Outro acusado no caso, Sérgio Ricardo de Almeida, é conselheiro do tribunal de contas de MT e ex-deputado estadual.

 

Embora o entendimento da maioria dos ministros da Primeira Turma tenha sido restringir o foro de ministros de Estado, a decisão foi tomada em um caso específico. Situações envolvendo outros ministros do governo, portanto, podem ter se ser rediscutidas novamente.

Além disso, se a Segunda Turma do STF tiver um entendimento diferente, a palavra final poderá caber ao plenário do Supremo.

Inicialmente, a Procuradoria Geral da República havia pedido para o processo de Blairo ser remetido para o STJ, em razão do envolvimento do conselheiro. Depois, a subprocuradora presente à sessão, Cláudia Sampaio, ajustou o entendimento da PGR para que fosse para a primeira instância.

A defesa questionou se o caso deveria ter outro relator, o ministro Dias Toffoli, que já havia arquivado um inquérito com tema semelhante. Esse pedido, no entanto, foi rejeitado por unanimidade pela Turma.

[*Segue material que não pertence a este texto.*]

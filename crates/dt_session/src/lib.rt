//! Worlds of regions and sessions: their states, their legal events, and what all regions agree on. `specs/` is the theory that
//! the programs are proved against. The only code is [`Sessions`], which keeps the sessions of one region.
//!
//! A cluster has some regions. Each keeps a log of its own and receives fronts of the logs of all others, and from what it
//! received alone it decides what to execute, and in which order. A key has a home, the region whose log orders its uses;
//! a call that uses keys of several homes has a part in each of these logs. Sessions stand at regions, and each makes its
//! calls one after another. A world (`specs/World`) is the state of all of them, and changes by one event at a time:
//!
//! | rule | event | what happens |
//! |---|---|---|
//! | 1 | `Submit` | a session's next call, or the same call again where its attempt was stale, gets an id; its region's table says which homes its keys have, and each home is asked for its part |
//! | 2 | `Append` | a home places the next part that a region asked for at the end of its log |
//! | 3 | `Deliver` | a region receives more of a home's log |
//! | 4 | `Insert` | a region takes the next part that it received into its graph of what comes before what |
//! | 5 | `Resolve` | a region finds a deadlocked group, all of whose parts it has: from now on it goes by ranks and ids |
//! | 6 | `Execute` | a region runs a transaction before which all that precedes it has run |
//! | 7 | `Answer` | a session learns the outcome that its region has for its attempt; not where that is stale and a try is left |
//!
//! Two payments that cross: the key `a` has its home in region 0, `b` in region 1. A session of region 0 pays from `a` to
//! `b` (id 1.0) while one of region 1 pays from `b` to `a` (id 1.1). Each is asked for at both homes:
//!
//! ```text
//! log of region 0:  1.0  1.1        log of region 1:  1.1  1.0
//! ```
//!
//! Log 0 puts 1.0 first and log 1 puts 1.1 first, so neither can go before the other: a deadlock, with no lock held. Each
//! region that has all four parts sees the same group {1.0, 1.1}, resolves it, and runs the lower rank first and, as both
//! have one rank here, the smaller id. Whatever is delivered when, all regions end with the same rows, and both sessions are
//! given outcomes of the one order 1.0, 1.1.
//!
//! A key may be moved to another home by a transaction of its own; in version 2 of a cluster a move takes along all keys of a
//! granule. A transaction keeps how often each of its keys was moved when its region submitted it. Where it runs after a move
//! more than that, the key's log may be another one by now, so the attempt is `Stale`: it does nothing, and its session may try
//! again. An attempt that runs before the move is not stale by it, whenever it was submitted.
//!
//! Read next: `specs/World` (what a state is), `specs/Tries` (when a session may go on), `specs/Step` (the rules), `specs/Run`
//! (lists of events and their serial order), `specs/Agreement` (what all regions agree on), `specs/Sessions` (the sessions of
//! one region). `specs/OneHome`, `specs/Eager` and `specs/Finished` name kinds of workloads and of lists. What a region does by
//! itself in rules 1, 2 and 4 to 6 is defined below, in `dt_txn`.
#![tactic(auto)]

mod sessions;

pub use sessions::{Seat, Sessions, Waiting};
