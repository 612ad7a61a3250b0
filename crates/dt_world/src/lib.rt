//! The world: all regions and all sessions of a cluster, held together.
//!
//! A [`World`] takes one event after another. [`World::step`] makes an event exactly where it is legal by its rule, and
//! refuses it by the number of that rule otherwise; a refused event changes nothing. [`World::report`] says what a list of
//! events came to: the replies, the executed attempts in the serial order, and the rows of each region. It is read off the
//! sites alone, so others that have the sites of all regions may ask for it too ([`report_of_sites`]). [`World::text`] is the
//! text of the report, and takes less memory. [`World::kept`] says which events a region keeps.
//!
//! A world holds, for each region, a [`Site`](dt_site::Site) and its [`Sessions`](dt_session::Sessions). A step finds the
//! region that the event is of, and makes its call there; what the call needs of other regions, as the transaction of a request
//! or the entries of a log, is looked up in their sites.
#![tactic(auto)]

mod marks;
mod session_replay;
mod site_reports;
mod world;

pub use site_reports::{report_of_sites, text_of_sites};
pub use world::{StepError, World, kept_are_own, texts_tell_one_run};
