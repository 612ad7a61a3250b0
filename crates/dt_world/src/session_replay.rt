ghost use Rattle.std.specs.Prelude.{◌≡◌, ◌+◌, ◌<◌, ◌^◌, length, replicate, IfOk, None};
ghost use Rattle.dt_world.specs.SessionReplayInner.{after_reply, after_submission, count_at, wait_at};

use dt_access::TxnId;
use dt_text::NoMemory;
use std::alloc::Global;
use std::marker::Model;

/// What each session waits for and how much each region has submitted, after some of the events.
#[derive(Drop)]
pub struct SessionReplay {
    waits: Vec<Option<TxnId>>,
    submitted: Vec<u32>,
}

impl Model for SessionReplay {
    ghost use Rattle.dt_world.specs.SessionReplayInner.{SessionReplayView};

    ghost Value = { SessionReplayView };

    ghost view = { λ c. record { waits = c.waits.items; submitted = c.submitted.items } };
}

impl SessionReplay {
    /// n sessions that wait for nothing, and m regions that have submitted nothing.
    pub fn new(alloc: Global, sessions: usize, regions: u8) -> Result<Self, NoMemory>
        ensures { IfOk result (λ replay. replay ≡ record { waits = replicate sessions None; submitted = replicate regions 0 }) }
    {
        let mut waits = Vec::new(alloc);
        for _session in 0..sessions {
            waits.push(None)?;
        }
        let mut submitted = Vec::new(alloc);
        for _region in 0..regions {
            submitted.push(0)?;
        }
        Ok(SessionReplay { waits, submitted })
    }

    /// A region submits the attempt of the session at a place.
    pub fn submit(&mut self, place: usize, region: u8)
        requires place { place < length self.old.waits }
        requires region { region < length self.old.submitted }
        requires few { count_at self.old region + 1 < 2 ^ 32 }
        ensures { self.new ≡ after_submission self.old place region }
    {
        let seq = self.submitted[region as usize] + 1;
        self.submitted[region as usize] = seq;
        self.waits[place] = Some(TxnId { seq, region });
    }

    /// What the session at a place waits for.
    pub fn waits(&self, place: usize) -> Option<TxnId>
        requires { place < length self.now.waits }
        ensures { result ≡ wait_at self.now place }
    {
        self.waits[place]
    }

    /// The session at a place is answered.
    pub fn answer(&mut self, place: usize)
        requires { place < length self.old.waits }
        ensures { self.new ≡ after_reply self.old place }
    {
        self.waits[place] = None;
    }
}
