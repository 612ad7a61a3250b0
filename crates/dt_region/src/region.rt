ghost use Rattle.std.specs.Prelude.{◌≡◌, ◌↔◌, ◌<◌, ◌≤◌, ◌*◌, ◌^◌, ◌+◌, ℕ, List, [], ◌∷◌, ◌++◌, length, max, vec_len, vec_capacity};
ghost use Rattle.std.specs.Prelude.{IfOk, IsTrue, OnErr, OnOk, Some, get_or, slice_get, slice_index};
ghost use Rattle.std.specs.Option.{option_copied};
ghost use Rattle.dt_events.specs.Stamps.{last_stamp};
ghost use Rattle.dt_events.specs.declared.Event.TheVariants.{Insert, Resolve, Execute};
ghost use Rattle.dt_sched.specs.Views.{log_at};
ghost use Rattle.dt_sched.specs.Sched.{CanExecute, IsNextClass, IsNextReady};
ghost use Rattle.dt_proc.specs.Tree.{ProcTree};
ghost use Rattle.dt_txn.specs.declared.txn.Txn.{Txn};
ghost use Rattle.dt_txn.specs.Execution.{one};
ghost use Rattle.dt_txn.specs.Replica.{HasInsertedAll, IsDrained, taken_from};
ghost use Rattle.dt_txn.specs.Transaction.{BodyFits};
ghost use Rattle.dt_region.specs.Region.{HasStamp, held, latest_stamp, outcome_of, sched_of};
ghost use Rattle.dt_region.specs.Rules.{opening_state, MakesSubmit, MakesAppend, MakesDelivery, MakesStep, MakesAnswer, after_finishing};
ghost use Rattle.dt_region.specs.Conditions.{IsTableFor, CanAppend, CanDeliver, CanMove, ComesTo, HasRun, HoldsValid};
ghost use Rattle.dt_region.specs.Sound.{IsSoundRegion};

use crate::by_id::ById;
use crate::entries::{add, keep_all, parts_and_txns_past, place, reserve};
use crate::foreign::Foreign;
use crate::kept::Kept;
use crate::opening::{Lists, no_lists};
use crate::requests::ask;
use dt_access::{Ids, Part, TxnId, are_ascending};
use dt_events::{Event, Stamped};
use dt_log::{Log, Taken};
use dt_proc::Procs;
use dt_sched::Scheduler;
use dt_table::{Effect, Table};
use dt_text::{Common, Name, NoMemory};
use dt_txn::{Body, Entry, Outcome, Txn, annotate, execute, homes, part_at};
use std::alloc::Global;
use std::marker::Model;

// How many changes of a table one execution makes at most: 16 rows of a call and one move.
const CHANGES: usize = 17;

/// One region of a cluster. What it may execute and resolve is decided by its scheduler `S`.
///
/// Contracts see its `state`, as `events` the events that it made, in order, each with its stamp, as `heard` the greatest
/// stamp that it heard of, and as `room` how many executions it can finish before memory is needed. Its type keeps what
/// `IsSoundRegion` says: in each log every id stands once, every part is that of the transaction which the region holds under
/// its id, all logs together have at most 4,294,967,295 parts, and what is resolved and done could be resolved and done.
#[derive(Drop)]
pub struct Region<S: Scheduler> {
    number: u8,
    regions: u8,
    submitted: Vec<Common<Txn>>,
    foreign: Foreign,
    asked: Vec<Ids>,
    taken: Vec<u32>,
    logs: Vec<Log>,
    inserted: Vec<u32>,
    done: ById<Outcome>,
    table: Table,
    scheduler: S,
    events: Kept,
    heard: u64,
    room: usize,
}

impl<S: Scheduler> Model for Region<S> {
    ghost use Rattle.dt_region.specs.Region.{RegionView};
    ghost use Rattle.dt_region.specs.RegionCode.{region_code};

    ghost Value = { RegionView };

    ghost coded = { region_code };

    ghost use Rattle.dt_region.specs.RegionInner.{region_in, IsWell};

    ghost view = { λ r. region_in S.seen r };

    ghost invariant = { λ r. IsWell S.seen S.spare r };
}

Ao analisar o caso, o ministro Luiz Fux votou por restringir o foro de ministros e de conselheiros do tribunal de contas. Acompanharam o voto dele os ministros Rosa Weber, Luís Roberto Barroso e Marco Aurélio Mello.

"A razão de decidir no julgamento aplica-se indistintamente em relação a qualquer hipótese de prerrogativa de foro por função", entendeu Fux.

Alexandre de Moraes divergiu por considerar que o caso deveria ir para o Superior Tribunal de Justiça (STJ), uma vez que outro acusado é conselheiro do tribunal de contas, e o STF não havia restringido o foro para esta função.

Em relação a Blairo Maggi, no entanto, Moraes entendeu que, como ele é senador licenciado, poderia ser aplicada a regra de restrição do foro.

Ministros do governo alvos de inquérito

Atualmente, cinco ministros do governo Temer são alvos de inquéritos no STF:

  • Aloysio Nunes (Relações Exteriores): um inquérito;
  • Blairo Maggi (Agricultura): mais um inquérito além do que foi para primeira instância;
  • Eliseu Padilha (Casa Civil): três inquéritos;
  • Gilberto Kassab (Ciência, Tecnologia e Comunicações): três inquéritos;
  • Moreira Franco (Minas e Energia): um inquérito.

Todos eles negam envolvimento em irregularidades.